#### DESCRIPTION OF THE TASK:
Beneath this instruction is a block of data; output from it exactly the lines that run from the one containing "after this one." through the one containing "match read::kind_at(lines, line)", inclusive.

#### DATA SUPPLIED:
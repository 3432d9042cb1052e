// The kind of a row, by its first byte.
ghost use Rattle.std.specs.Prelude.{◌≡◌};
ghost use Rattle.rules.specs.Scan.{is_function_lem};
ghost use Rattle.rules.specs.Check.{is_call};

use rules::kind::Kind;
pub use rules::kind::{BREAK, CALL, CONTINUE, DO, ELSE, END, FUNCTION, IF, LOOP};

// Bytes and no enum: a row may have any byte, and one that is none is told (cause 3). Those of a switch's own rows (02, No. 1), which are no kinds of 01.
pub const SWITCH: u8 = 0x0a;

pub const CASE: u8 = 0x0b;

pub const DEFAULT: u8 = 0x0c;

pub fn is_function(kind: Kind) -> bool
    ensures { result ≡ is_function_lem kind }
{
    matches!(kind, Kind::Function)
}

pub fn is_call(kind: Kind) -> bool
    ensures { result ≡ is_call kind }
{
    matches!(kind, Kind::Call)
}
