// The rows that lines are read back to, whether or not they are a table.
ghost use Rattle.std.specs.Prelude.{◌≡◌, length};
ghost use Prim.Native.Nat.{◌+◌, ◌*◌, ◌≤◌};
ghost use Rattle.rules.specs.Limits.{max_lines};
ghost use Rattle.rules.specs.Row.{table_bytes};
ghost use Rattle.rules.specs.Line.{line_width, lines_in, line_at};
ghost use Rattle.rules.specs.Function.{function_at};
ghost use Rattle.rules.specs.ReadBack.{leaves_to_lem, begins, function_row_if, row_for};
ghost use Rattle.rows.specs.Row.{Added};
ghost use Rattle.line.specs.Read.{struct_at};
ghost use Rattle.reader.specs.Functions.{Short, Numbered};
ghost use Rattle.reader.specs.Candidate.{is_leave_lem, test_kind_lem, leave_kind_lem, out_kind_lem, Here, DosRead, CandidateIs};

use crate::dos::dos;
use crate::functions;
use crate::row::{call, copied};
use line::kind::LineKind;
use line::{Line, read};
use rows::kind::{BREAK, CALL, CONTINUE, DO, ELSE, END, FUNCTION, IF, LOOP};
use rows::row::Row;
use rules::bytes::word;
use rules::limits::{LINES, ROWS};

// The bytes of the largest table.
pub const LARGEST: usize = ROWS * Row::WIDTH;

fn is_leave(kind: LineKind) -> bool
    ensures { result ≡ is_leave_lem kind }
{
    matches!(kind, LineKind::Leave)
}

// Where a line goes.
fn go_of(lines: &[u8], line: u16) -> u16
    requires { line_width * line + line_width ≤ length lines.now }
    ensures { result ≡ (struct_at lines.now line).go }
{
    word(lines, Line::WIDTH * (line as usize) + 18)
}

// Whether the line, where there is one, is a leave to line k.
fn leaves_to(lines: &[u8], line: u16, k: u16) -> bool
    requires { Short lines.now }
    ensures { result ≡ leaves_to_lem k (line_at (lines_in lines.now) line) }
{
    let count = (lines.len() / Line::WIDTH) as u16;
    if line >= count {
        return false;
    }
    if is_leave(read::kind_at(lines, line)) {
        return go_of(lines, line) == k;
    }
    false
}

// A test is a loop's where the line before its go leaves back to it.
fn test_kind(lines: &[u8], line: u16) -> u8
    requires { Here lines.now line }
    ensures { result ≡ test_kind_lem lines.now line }
{
    let go = go_of(lines, line);
    if leaves_to(lines, go.saturating_sub(1), line) {
        return LOOP;
    }
    IF
}

// A leave past the next line is an else's.
fn leave_kind(lines: &[u8], line: u16) -> u8
    requires { Here lines.now line }
    ensures { result ≡ leave_kind_lem lines.now line }
{
    if line + 1 < go_of(lines, line) {
        return ELSE;
    }
    END
}

// An out that goes forward is a break.
fn out_kind(lines: &[u8], line: u16) -> u8
    requires { Here lines.now line }
    ensures { result ≡ out_kind_lem lines.now line }
{
    if line < go_of(lines, line) {
        return BREAK;
    }
    CONTINUE
}

// The function of the line that a call goes to; of the end of the table, where it goes beyond.
fn callee(lines: &[u8], owners: &[u16; LINES + 1], line: u16) -> u16
    requires { (Here lines.now line) × (Numbered lines.now owners.now) }
    ensures { result ≡ function_at (lines_in lines.now) (struct_at lines.now line).go }
{
    let count = lines.len() / Line::WIDTH;
    let go = usize::from(go_of(lines, line));
    if go < count {
        return owners[go];
    }
    owners[count]
}

// Puts the function row that stands before a line, where one does.
fn open(opening: bool, rows: &mut [u8], at: usize) -> usize
    requires { at + 6 ≤ length rows.old }
    ensures { Added (table_bytes (function_row_if opening)) rows.old rows.new at result }
{
    if opening {
        return Row::bare(FUNCTION).write(rows, at);
    }
    at
}

// Whether a function row stands before the line after this one.
fn opens_next(lines: &[u8], line: u16) -> bool
    requires { Here lines.now line }
    ensures { result ≡ begins (lines_in lines.now) (line + 1) }
{
    functions::ends_function(read::kind_at(lines, line))
}

// Puts the row that a line stands for; a tick and a back stand for none of their own.
fn stand(lines: &[u8], owners: &[u16; LINES + 1], line: u16, rows: &mut [u8], at: usize) -> usize
    requires { (Here lines.now line) × (Numbered lines.now owners.now) × (at + 6 ≤ length rows.old) }
    ensures { Added (table_bytes (row_for (lines_in lines.now) line (line_at (lines_in lines.now) line))) rows.old rows.new at result }
{
    match read::kind_at(lines, line) {
        LineKind::Do => copied(DO, lines, line).write(rows, at),
        LineKind::Tick => at,
        LineKind::Test => copied(test_kind(lines, line), lines, line).write(rows, at),
        LineKind::Leave => Row::bare(leave_kind(lines, line)).write(rows, at),
        LineKind::Out => Row::bare(out_kind(lines, line)).write(rows, at),
        LineKind::Call => call(CALL, callee(lines, owners, line)).write(rows, at),
        LineKind::Back => at,
        LineKind::Ret => Row::bare(END).write(rows, at),
    }
}

// The dos from this line on, where no function opens: the line behind them.
fn past_dos(opening: bool, lines: &[u8], line: u16, rows: &mut [u8], at: usize) -> u16
    requires { (Short lines.now) × (line ≤ max_lines) × (length rows.old ≡ 6156) }
    ensures { DosRead opening lines.now rows.old rows.new at line result }
{
    if opening {
        return line;
    }
    dos(lines, line, rows, at)
}

// The rows of all lines, by their number of bytes; none where they are more than a table may have: then no more lines are read.
pub fn read_rows(lines: &[u8], owners: &[u16; LINES + 1], rows: &mut [u8]) -> Option<usize>
    requires { (Short lines.now) × (Numbered lines.now owners.now) × (length rows.old ≡ 6156) }
    ensures { CandidateIs lines.now rows.new result }
{
    let count = (lines.len() / Line::WIDTH) as u16;
    let mut at = 0;
    let mut opening = true;
    let mut line: u16 = 0;
    // Kept as a while: dos are passed some lines at a time, so that no range gives the lines.
    while line < count {
        if at > LARGEST {
            return None;
        }
        let next = past_dos(opening, lines, line, rows, at);
        if line < next {
            at = at + 3 * usize::from(next - line);
            line = next;
        } else {
            let opened = open(opening, rows, at);
            at = stand(lines, owners, line, rows, opened);
            opening = opens_next(lines, line);
            line += 1;
        }
    }
    Some(at)
}
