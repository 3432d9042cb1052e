// The dos that stand one after the other: most rows of a program are dos, and this loop is quicker than a construct at a time.
ghost use Rattle.std.specs.Prelude.{◌≡◌, ◌<◌, length};
ghost use Rattle.rules.specs.declared.kind.Kind.{Kind};
ghost use Rattle.rows.specs.First.{first_kind_lem};
ghost use Rattle.rows.specs.Dos.{is_do_lem, DosAre};

use crate::WIDTH;
use crate::first::operands;
use crate::fits::do_uses;
use crate::kind::DO;

// The row that the bytes begin with is a do, and its fields are as a do uses them.
fn is_do(rows: &[u8]) -> bool
    requires { 5 < length rows.now }
    ensures { result ≡ is_do_lem (first_kind_lem rows.now) }
{
    let o = operands(rows);
    rows[0] == DO && do_uses(o)
}

// The dos that the bytes begin with, where they begin with one.
pub fn dos(rows: &[u8]) -> usize
    requires { (5 < length rows.now) × (first_kind_lem rows.now ≡ Kind.Do) }
    ensures { DosAre rows.now result }
{
    let count = rows.len() / WIDTH;
    for at in 1..count {
        let from = WIDTH * at;
        if !is_do(&rows[from..]) {
            return at;
        }
    }
    count
}
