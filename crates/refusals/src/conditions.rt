// The conditions 7 to 16 and 18 of the numbered list of refusals: one function for each, and a further one
// where a continuation, a set or a file asks in its own way. (1 to 5 are about a file's records, 6 is asked
// where the field is made, and 17 what the search for the powers does.) Each answers whether its condition
// holds over a field, as crate meaning defines it, for any numbers and slices of any length; 12 alone assumes
// that 10 and 11 let the factor pass. None changes a lent byte. The other modules of this crate ask them in
// the order of each call.
pub mod factors;
pub mod files;
pub mod lists;
pub mod numbers;
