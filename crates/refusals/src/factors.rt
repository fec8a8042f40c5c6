// The conditions on factors in their order. As they are given: 10 and 11 for the factor of a period, 9 to 11
// for the factors of a set; 12 and 13 for the monic multiples of these.
ghost use Rattle.std.specs.Prelude.{◌≡◌};
ghost use Rattle.meaning.specs.Result.{first_of};
ghost use Rattle.meaning.specs.Slices.{lists_of};
ghost use Rattle.arith.specs.Represented.{field_of};
ghost use Rattle.refusals.specs.conditions.factors.Factors.{AllAccepted};
ghost use Rattle.meaning.specs.Irreducibility.{irreducible_table};
ghost use Rattle.refusals.specs.Verdicts.{number_in, factors_table, multiples_table};

use crate::conditions::factors::{
    some_coefficient_out_of_range, some_degree_out_of_range, some_reducible, two_equal,
};
use crate::conditions::lists::{coefficient_out_of_range, factor_degree_out_of_range};
use crate::conditions::numbers::factor_count_out_of_range;
use arith::GaloisField;
use meaning::Refusal;

// One factor, or a polynomial of which it is asked whether it is irreducible: 10, 11.
pub fn factor_verdict(field: GaloisField, factor: &[u8]) -> Result<(), Refusal>
    ensures { number_in result ≡ first_of (irreducible_table (field_of field) factor.now) }
{
    if factor_degree_out_of_range(field, factor) {
        return Err(Refusal::DegreeOutOfRange);
    }
    if coefficient_out_of_range(field, factor) {
        return Err(Refusal::CoefficientOutOfRange);
    }
    Ok(())
}

// Several factors: 9, 10, 11.
pub fn factors_verdict(field: GaloisField, factors: &[&[u8]]) -> Result<(), Refusal>
    ensures { number_in result ≡ first_of (factors_table (field_of field) (lists_of factors.now)) }
{
    if factor_count_out_of_range(factors.len()) {
        return Err(Refusal::FactorCount);
    }
    if some_degree_out_of_range(field, factors) {
        return Err(Refusal::DegreeOutOfRange);
    }
    if some_coefficient_out_of_range(field, factors) {
        return Err(Refusal::CoefficientOutOfRange);
    }
    Ok(())
}

// The monic multiples of the factors of a set: 12, 13.
pub fn multiples_verdict(field: GaloisField, multiples: &[&[u8]]) -> Result<(), Refusal>
    requires { AllAccepted (field_of field) (lists_of multiples.now) }
    ensures { number_in result ≡ first_of (multiples_table (field_of field) (lists_of multiples.now)) }
{
    if some_reducible(field, multiples) {
        return Err(Refusal::Reducible);
    }
    if two_equal(multiples) {
        return Err(Refusal::EqualFactors);
    }
    Ok(())
}
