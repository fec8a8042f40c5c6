// The conditions of the numbered list of refusals in their order, one function for each call: the first that
// holds in a field, but for 17. Each answers for any numbers and slices of any length, but for those from 12
// on, which assume that 10 and 11 let the factors pass; none changes a lent byte. Whoever makes the field has
// met 6 or 20.
#![tactic(auto)]

pub mod conditions;
pub mod factors;
pub mod ratings;

ghost use Rattle.std.specs.Prelude.{◌≡◌};
ghost use Rattle.meaning.specs.Result.{first_of};
ghost use Rattle.meaning.specs.Free.{free_table};
ghost use Rattle.meaning.specs.Meter.{term_table};
ghost use Rattle.meaning.specs.Continuation.{continue_table};
ghost use Rattle.arith.specs.Represented.{field_of};
ghost use Rattle.refusals.specs.Verdicts.{number_in, terms_table, lent_table};

use crate::conditions::lists::{
    coefficient_out_of_range, continuation_degree_out_of_range, start_unlike_degree,
    term_out_of_field,
};
use crate::conditions::numbers::{
    count_out_of_range, lent_too_short, meter_full, place_out_of_range,
};
use arith::GaloisField;
use meaning::Refusal;

// 7, 8: what all ways of rating meet first in the field.
pub fn terms_verdict(field: GaloisField, terms: &[u8]) -> Result<(), Refusal>
    ensures { number_in result ≡ first_of (terms_table (field_of field) terms.now) }
{
    if count_out_of_range(terms.len()) {
        return Err(Refusal::CountOutOfRange);
    }
    if term_out_of_field(field, terms) {
        return Err(Refusal::TermOutOfField);
    }
    Ok(())
}

// 16: what all ways of rating meet last, but for 17.
pub fn lent_verdict(answer: usize, work: usize) -> Result<(), Refusal>
    ensures { number_in result ≡ first_of (lent_table answer work) }
{
    if lent_too_short(answer, work) {
        return Err(Refusal::LentTooShort);
    }
    Ok(())
}

// The free way: 7, 8, 16.
pub fn free_verdict(
    field: GaloisField,
    terms: &[u8],
    answer: usize,
    work: usize,
) -> Result<(), Refusal>
    ensures { number_in result ≡ first_of (free_table (field_of field) terms.now answer work) }
{
    terms_verdict(field, terms)?;
    lent_verdict(answer, work)
}

// A term for a meter that holds so many: 8, 18.
pub fn term_verdict(field: GaloisField, held: usize, term: u8) -> Result<(), Refusal>
    ensures { number_in result ≡ first_of (term_table (field_of field) held term) }
{
    let terms = [term];
    if term_out_of_field(field, &terms) {
        return Err(Refusal::TermOutOfField);
    }
    if meter_full(held) {
        return Err(Refusal::MeterFull);
    }
    Ok(())
}

// The continuation: 7, 8, 10, 11, 15, for a buffer of `size` bytes.
pub fn continue_verdict(
    field: GaloisField,
    polynomial: &[u8],
    start: &[u8],
    place: usize,
    size: usize,
) -> Result<(), Refusal>
    ensures { number_in result
        ≡ first_of (continue_table (field_of field) polynomial.now start.now place
        size) }
{
    if place_out_of_range(size, place) {
        return Err(Refusal::CountOutOfRange);
    }
    if term_out_of_field(field, start) {
        return Err(Refusal::TermOutOfField);
    }
    if continuation_degree_out_of_range(polynomial) {
        return Err(Refusal::DegreeOutOfRange);
    }
    if coefficient_out_of_range(field, polynomial) {
        return Err(Refusal::CoefficientOutOfRange);
    }
    if start_unlike_degree(polynomial, start) {
        return Err(Refusal::TooFewTerms);
    }
    Ok(())
}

#### YOUR SOLUTION:
// Whether a function row stands before the line after this one.
fn opens_next(lines: &[u8], line: u16) -> bool
    requires { Here lines.now line }
    ensures { result ≡ begins (lines_in lines.now) (line + 1) }
{
    functions::ends_function(read::kind_at(lines, line))
}

// Puts the row that a line stands for; a tick and a back stand for none of their own.
fn stand(lines: &[u8], owners: &[u16; LINES + 1], line: u16, rows: &mut [u8], at: usize) -> usize
    requires { (Here lines.now line) × (Numbered lines.now owners.now) × (at + 6 ≤ length rows.old) }
    ensures { Added (table_bytes (row_for (lines_in lines.now) line (line_at (lines_in lines.now) line))) rows.old rows.new at result }
{
    match read::kind_at(lines, line) {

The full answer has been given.